ghost use Rattle.std.specs.Prelude.{◌≡◌};
ghost use Rattle.tds_packet.specs.Faults.{fault_number};

/// Why a packet's header is refused: the first of these that applies (MS-TDS 2.2.3.1).
///
/// A fault is found when the header's eighth byte has come, and no later.
#[derive(Debug, Drop)]
pub enum PacketFault {
    /// 1: the type is none of the four that are spoken here.
    UnknownType,
    /// 2: the type goes in the other direction.
    OtherDirection,
    /// 3: the length is less than the header's own eight bytes.
    ShortLength,
    /// 4: the length is over the packet size.
    LongLength,
    /// 5: the status has a bit that is not defined, or an answer has another status than 0 or 1.
    WrongStatus,
    /// 6: there are no data, and it is not the end of the message.
    EmptyPart,
}

impl PacketFault {
    /// The fault's number, 1 to 6, in the order in which faults are looked for.
    pub fn number(&self) -> u8
        ensures { result ≡ fault_number self.now }
    {
        match self {
            PacketFault::UnknownType => 1,
            PacketFault::OtherDirection => 2,
            PacketFault::ShortLength => 3,
            PacketFault::LongLength => 4,
            PacketFault::WrongStatus => 5,
            PacketFault::EmptyPart => 6,
        }
    }

    /// The same fault, for a reader that answers it to every later piece.
    pub(crate) fn again(&self) -> PacketFault
        ensures { result ≡ self.now }
    {
        match self {
            PacketFault::UnknownType => PacketFault::UnknownType,
            PacketFault::OtherDirection => PacketFault::OtherDirection,
            PacketFault::ShortLength => PacketFault::ShortLength,
            PacketFault::LongLength => PacketFault::LongLength,
            PacketFault::WrongStatus => PacketFault::WrongStatus,
            PacketFault::EmptyPart => PacketFault::EmptyPart,
        }
    }
}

□ □ □

_What needs to be done_.
The task here is to output the line with "every later piece." and all lines after it to the end of the records above, exactly and only those.

_Output for this task_.
    /// The same fault, for a reader that answers it to every later piece.
    pub(crate) fn again(&self) -> PacketFault
        ensures { result ≡ self.now }
    {
        match self {
            PacketFault::UnknownType => PacketFault::UnknownType,
            PacketFault::OtherDirection => PacketFault::OtherDirection,
            PacketFault::ShortLength => PacketFault::ShortLength,
            PacketFault::LongLength => PacketFault::LongLength,
            PacketFault::WrongStatus => PacketFault::WrongStatus,
            PacketFault::EmptyPart => PacketFault::EmptyPart,
        }
    }
}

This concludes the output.